• _SUPPLIED INFORMATION_:
=== Begin Enclosure ===

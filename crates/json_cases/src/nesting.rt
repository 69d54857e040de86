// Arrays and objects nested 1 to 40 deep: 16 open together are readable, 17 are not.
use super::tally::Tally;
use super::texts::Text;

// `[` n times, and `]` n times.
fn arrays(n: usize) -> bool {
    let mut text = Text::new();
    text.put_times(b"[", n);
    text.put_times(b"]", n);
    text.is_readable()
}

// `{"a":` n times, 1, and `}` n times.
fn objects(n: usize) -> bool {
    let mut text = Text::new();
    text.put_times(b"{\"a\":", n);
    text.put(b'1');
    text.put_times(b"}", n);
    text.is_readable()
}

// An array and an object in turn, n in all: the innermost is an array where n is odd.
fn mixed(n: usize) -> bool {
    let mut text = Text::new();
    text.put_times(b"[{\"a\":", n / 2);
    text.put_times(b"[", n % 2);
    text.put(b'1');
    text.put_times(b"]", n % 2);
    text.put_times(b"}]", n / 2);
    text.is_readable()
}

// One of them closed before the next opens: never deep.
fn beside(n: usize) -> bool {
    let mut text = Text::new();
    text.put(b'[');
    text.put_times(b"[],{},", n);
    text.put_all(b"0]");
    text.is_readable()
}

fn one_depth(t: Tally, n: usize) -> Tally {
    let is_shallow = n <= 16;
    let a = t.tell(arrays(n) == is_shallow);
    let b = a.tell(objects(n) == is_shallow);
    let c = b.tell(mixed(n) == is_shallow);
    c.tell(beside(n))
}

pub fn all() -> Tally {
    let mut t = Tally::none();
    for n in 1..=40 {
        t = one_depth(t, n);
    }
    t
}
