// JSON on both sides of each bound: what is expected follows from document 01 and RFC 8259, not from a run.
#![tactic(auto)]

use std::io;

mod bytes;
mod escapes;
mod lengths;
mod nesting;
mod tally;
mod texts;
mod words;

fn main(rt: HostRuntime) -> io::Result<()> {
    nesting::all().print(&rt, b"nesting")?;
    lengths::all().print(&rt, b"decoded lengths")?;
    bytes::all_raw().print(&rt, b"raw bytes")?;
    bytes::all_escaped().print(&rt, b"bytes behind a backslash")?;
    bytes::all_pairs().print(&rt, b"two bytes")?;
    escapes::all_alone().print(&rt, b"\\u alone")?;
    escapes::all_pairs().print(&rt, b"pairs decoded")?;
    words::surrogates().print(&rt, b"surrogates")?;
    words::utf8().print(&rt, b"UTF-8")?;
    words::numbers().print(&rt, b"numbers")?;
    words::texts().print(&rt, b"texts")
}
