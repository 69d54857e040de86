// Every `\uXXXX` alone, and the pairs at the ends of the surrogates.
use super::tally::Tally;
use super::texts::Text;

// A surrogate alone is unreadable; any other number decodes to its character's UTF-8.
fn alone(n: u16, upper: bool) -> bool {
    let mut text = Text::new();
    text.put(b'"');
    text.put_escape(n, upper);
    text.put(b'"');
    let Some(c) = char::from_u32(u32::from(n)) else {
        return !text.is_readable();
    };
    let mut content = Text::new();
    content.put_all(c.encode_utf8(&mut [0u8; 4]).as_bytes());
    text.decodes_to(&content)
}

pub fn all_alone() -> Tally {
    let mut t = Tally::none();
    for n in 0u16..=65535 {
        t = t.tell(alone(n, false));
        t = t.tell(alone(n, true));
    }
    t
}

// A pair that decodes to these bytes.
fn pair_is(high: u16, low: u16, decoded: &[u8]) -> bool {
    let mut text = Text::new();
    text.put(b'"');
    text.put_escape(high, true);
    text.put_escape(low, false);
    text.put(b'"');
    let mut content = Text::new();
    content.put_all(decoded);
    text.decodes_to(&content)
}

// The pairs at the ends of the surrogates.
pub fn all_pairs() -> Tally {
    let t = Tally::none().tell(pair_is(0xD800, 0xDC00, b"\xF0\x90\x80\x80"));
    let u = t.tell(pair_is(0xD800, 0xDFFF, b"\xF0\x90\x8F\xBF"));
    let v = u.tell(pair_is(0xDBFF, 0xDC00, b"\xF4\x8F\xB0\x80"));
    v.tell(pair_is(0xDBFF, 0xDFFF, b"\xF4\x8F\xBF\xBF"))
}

=== End Enclosure ===

• _WHAT TO WORK ON_: Search the listing for the word "objects" and return each line that holds it.

• _RESPONSE BELOW_:
// Arrays and objects nested 1 to 40 deep: 16 open together are readable, 17 are not.
fn objects(n: usize) -> bool {
    let b = a.tell(objects(n) == is_shallow);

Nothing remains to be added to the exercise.